Au bout d’une heure, je fais une première pause de moins de 3 minutes. Pour performer, il ne faut pas faire de pause du tout mais j’en suis incapable. Je repars pour une heure. Les trois premiers tours ne se passent pas trop mal mais au moment de remonter la côté pour la 30e fois, je suis pris d’une fringale de tous les diables. Ça ne m’était jamais arrivé. J’avais entendu parler de ces moment terribles que traversaient certains cyclistes mais je ne connaissais pas la sensation. C’est juste horrible. Impossible de mettre un patin devant l’autre. Les deux platines se heurtent et je manque de tomber. J’ai des sueurs froides et la seule chose dont j’ai envie, la tout de suite, c’est de m’assoir par terre et de manger une raclette. J’essaye de retrouver mes esprits mais j’ai tellement faim…

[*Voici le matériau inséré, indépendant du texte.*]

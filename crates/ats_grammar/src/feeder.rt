//! What a reader of pieces keeps between them.

ghost use Rattle.std.specs.Prelude.{◌≤◌, ◌^◌};
ghost use Rattle.ats_grammar.specs.FeederPosition.{came_in};

use crate::fault::ShapeFault;
use crate::piece_position::PiecePosition;

#[derive(Clone, Copy)]
pub(crate) enum Place {
    Reading(PiecePosition),
    Refused(ShapeFault),
}

/// Reads a proof whose bytes arrive in pieces, and keeps none of them. It reports a fault as soon as the bytes so far
/// have one that no further bytes can mend.
#[derive(Clone, Copy)]
pub struct Feeder {
    pub(crate) length: u64,
    pub(crate) fed: u64,
    pub(crate) place: Place,
    ghost within: { (fed ≤ length) × (length ≤ 2 ^ 26) },
    ghost inside: { came_in place ≤ fed },
}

En bon blaireau que je suis je n’ai ni gel, ni sucre sur moi. Je m’impose de repartir. J’ai repéré au tour précédent une barre de céréales perdue par un patineur. Je me dis que si je parviens à la ramasser et à la manger ça ira mieux. Je commence à grimper puis c’est seulement en arrivant en haut que je me rends compte que c’est vraiment n’importe quoi et que la seule solution, en dehors de l’ambulance, est de finir le tour. J’le finis. À l’arrache. 17 minutes le tour quoi…
Arrivé au stand je suis au bord de la rupture. J’attrape la boite remplie de quartiers d’oranges. Toute la boite y passe. Les filles me remontent le moral. Le sucre fait son effet, je vois le chrono tourner et après 6 minutes de coupure, je repars finalement. J’ai beau avoir enfilé mon coupe vent, je suis frigorifié. Je ne ne parviens pas à me réchauffer alors que la température n’est pas descendu en dessous de 12°C. J’enchaine 3 tours difficiles sans parvenir à prendre le moindre train. D’ailleurs il n’y a personne sur le circuit. Cette année, le Mans, c’est le désert de Gobi. 240 équipes seulement. plus une trentaine de duos et une centaine de solos. La belle époque des 600 équipes est clairement révolue.
La pêche ne revient, timidement qu’au quatrième tour. Malgré, tout, j’ai fait mes 13 tours mais j’ai perdu 9 minutes. 9 minutes, c’est un tour. Sans ce passage à vide, nous nous rapprochions des quatrièmes. Pour le dernier tour, j’ai un petit sursaut d’orgueil. La nuit est passée, je vais enfin pouvoir dormir, je peux donc mettre un petit coup d’accélérateur. Je pousse un peu dans la montée, envoie dans la descente et gagne très logiquement 2 minutes au tour. Ça surprend d’ailleurs tout le monde et quand j’arrive au relais, Vincent n’est pas là. D’après mes propres règles, je suis censé repartir pour un tour mais j’en ai à peu près autant envie que de me pendre. Le staff m’indique qu’il est en chemin, je décide de remonter à sa rencontre. Je tombe sur lui quelques mètres plus loin et lui dit de foncer.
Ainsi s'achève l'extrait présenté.